The emotional comfort of dragons

There is another reason this thesis still hits hard.

Dragons are comforting.

A clean, dramatic falsehood can feel better than a messy truth. A conspiracy can feel better than randomness. A miracle cure can feel better than uncertainty. A grand theory can feel better than patient work.

The dragon offers narrative relief.

Sagan knew this too. He did not write like a machine. He wrote like someone who understood wonder. He loved mystery. He just refused to counterfeit it.

That is the part many people miss.

Scientific thinking is not the enemy of awe. It is the enemy of fake awe.

Real wonder survives testing. In fact it gets stronger. The universe is not less beautiful because we can measure it. It is more beautiful because it does not need our tricks.

The stars do not need marketing.

Black holes do not need engagement strategy.

Quantum mechanics does not need a fake guru whispering over ambient music.

Reality is already strange enough.

The moral side of evidence

This is not only an intellectual issue. It is moral.

When someone makes a claim that cannot be tested and asks others to organize their lives around it, there is an ethical problem. They are asking for power without accountability.

That is what the dragon in the garage really is. It is a request for authority with no burden of proof.

We should be careful here. Not every personal belief needs to be turned into a lab experiment. Human life has poetry, faith, grief, ritual, private meaning. We are not machines.

But the minute a claim enters public action, money, medicine, law, education, policy, or mass persuasion, the burden changes. Then evidence matters. Then the garage door opens.

And when it opens, we do not owe the dragon respect. We owe the public honesty.

A small practical method for daily life

Sagan’s metaphor is elegant because you can use it in five minutes.

When you hear a strong claim, ask a few plain questions.

What exactly is being claimed.

What observable thing should happen if it is true.

What observable thing should not happen if it is true.

What evidence would change the claimant’s mind.
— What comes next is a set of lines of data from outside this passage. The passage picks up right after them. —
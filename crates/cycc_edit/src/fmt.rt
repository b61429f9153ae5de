// `cycc fmt`.

use crate::files::{bytes_of, file_fault, print, replace};
use command_line::shown;
use command_line::status::{ENDED, MEMORY, REFUSED, SUCCESS, USAGE};
use cyc_format::format;
use cyc_lexer::{LexFault, place_of};

const HELP: &str = "Lays out sources: four columns a block, lines of 100 columns

Usage: cycc fmt [--check] [FILE]..

Arguments:
  [FILE]..  The files; `-` or none: standard input is laid out to standard output

Options:
      --check  Writes nothing, and names the files that would change (status 1)
  -h, --help   Print help

A file is written whole, and only where it changes. Line breaks between statements stay as they are.
A file in which a token is wrong stays as it is: it is named FILE:LINE:COLUMN: Lex (status 8).
";

/// What is done with a text that is laid out otherwise.
#[derive(Clone, Copy)]
enum Then {
    Name,
    Write,
}

/// Names a file that would change, and answers the status.
fn name(rt: &HostRuntime, path: &str) -> u8 {
    match println!(rt; "{path}") {
        Ok(()) => ENDED,
        Err(error) => file_fault(rt, "write", "standard output", &error),
    }
}

/// Says where a text has a wrong token, and answers the status.
fn refuse(rt: &HostRuntime, path: &str, bytes: &[u8], at: u32) -> u8 {
    let (line, column) = place_of(bytes, at);
    let path = shown(path);
    let _ = eprintln!(rt; "{path}:{line}:{column}: Lex");
    REFUSED
}

/// Does what is asked for with a text that was laid out, and answers the status.
fn finish(rt: &HostRuntime, path: &str, was: &[u8], is: &[u8], then: Then) -> u8 {
    match then {
        Then::Write if path == "-" => print(rt, is),
        _ if was == is => SUCCESS,
        Then::Name => name(rt, path),
        Then::Write => replace(rt, path, is),
    }
}

/// Lays out a file, and answers the status.
fn lay_out(rt: &HostRuntime, path: &str, then: Then) -> u8 {
    let bytes = match bytes_of(rt, path) {
        Ok(bytes) => bytes,
        Err(error) => return file_fault(rt, "read", path, &error),
    };
    match format(rt.alloc(), &bytes) {
        Ok(out) => finish(rt, path, &bytes, &out, then),
        Err(LexFault::Lex(at)) => refuse(rt, path, &bytes, at),
        Err(LexFault::Memory) => {
            let _ = eprintln!(rt; "out of memory");
            MEMORY
        }
    }
}

/// Whether a word is an option: it begins with `-`, and is more than that.
fn is_option(word: &str) -> bool {
    word.len() > 1 && word.starts_with("-")
}

/// The status of options that can't be done, or of help; none where there is something to do.
fn look_at_options(rt: &HostRuntime, words: &[String]) -> Option<u8> {
    for word in words {
        let word = word.as_str();
        if word == "--help" || word == "-h" {
            return Some(print(rt, HELP.as_bytes()));
        }
        if is_option(word) && word != "--check" {
            let word = shown(word);
            let _ = eprintln!(rt;
                "error: unexpected argument '{word}' found\n\nusage: cycc fmt [--check] [FILE].."
            );
            return Some(USAGE);
        }
    }
    None
}

/// Does what the words after `fmt` say, and answers the highest status of all files.
pub(crate) fn run(rt: &HostRuntime, words: &[String]) -> u8 {
    if let Some(status) = look_at_options(rt, words) {
        return status;
    }
    let is_check = words.iter().any(|word| word.as_str() == "--check");
    let then = if is_check { Then::Name } else { Then::Write };
    let mut status = SUCCESS;
    let mut has_files = false;
    for word in words {
        if !is_option(word.as_str()) {
            has_files = true;
            status = status.max(lay_out(rt, word.as_str(), then));
        }
    }
    if has_files {
        status
    } else {
        lay_out(rt, "-", then)
    }
}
What evidence would change mine.

If nothing can change anyone’s mind, then the conversation is not about reality. It is about theater.

This simple method has saved me time, money, and blood pressure.

It also improves writing, frankly. It forces you to separate what you know from what you feel. Both matter. They are not the same thing.

The dragon and the mirror

The hardest part is this.

We all have a dragon.

Not just other people. Not just the internet. Not just politicians and grifters and loud men with podcasts.

Us.

We all have one cherished idea we protect a little too quickly. One story we patch when evidence arrives. One belief that gets an extra exemption because it is ours.

That is why Sagan remains useful. He does not only expose fraud. He exposes self deception.

His essay is a mirror in the shape of a garage.

If you read it well, the goal is not to feel smarter than the believer. The goal is to become more honest with yourself.

That is rarer. And harder.

Why I still return to this piece

I return to Sagan because he managed something almost impossible.

He defended reason without sounding sterile.

He defended evidence without sounding arrogant.

He defended skepticism without killing wonder.

That balance is badly needed now.

We live in an age of synthetic confidence. Everyone is certain. Everyone is publishing. Everyone is performing certainty in public. The incentives reward speed, outrage, and grand claims. Quiet doubt does not trend.

But doubt is not weakness. Good doubt is hygiene.

Good doubt keeps us from worshipping our own stories.

Good doubt keeps technology from becoming mythology.

Good doubt keeps politics from becoming fever.

Good doubt keeps us human.

So yes, the dragon is still in the garage.

It always will be.

The question is whether we bring a flashlight, a notebook, and the courage to say what we actually found.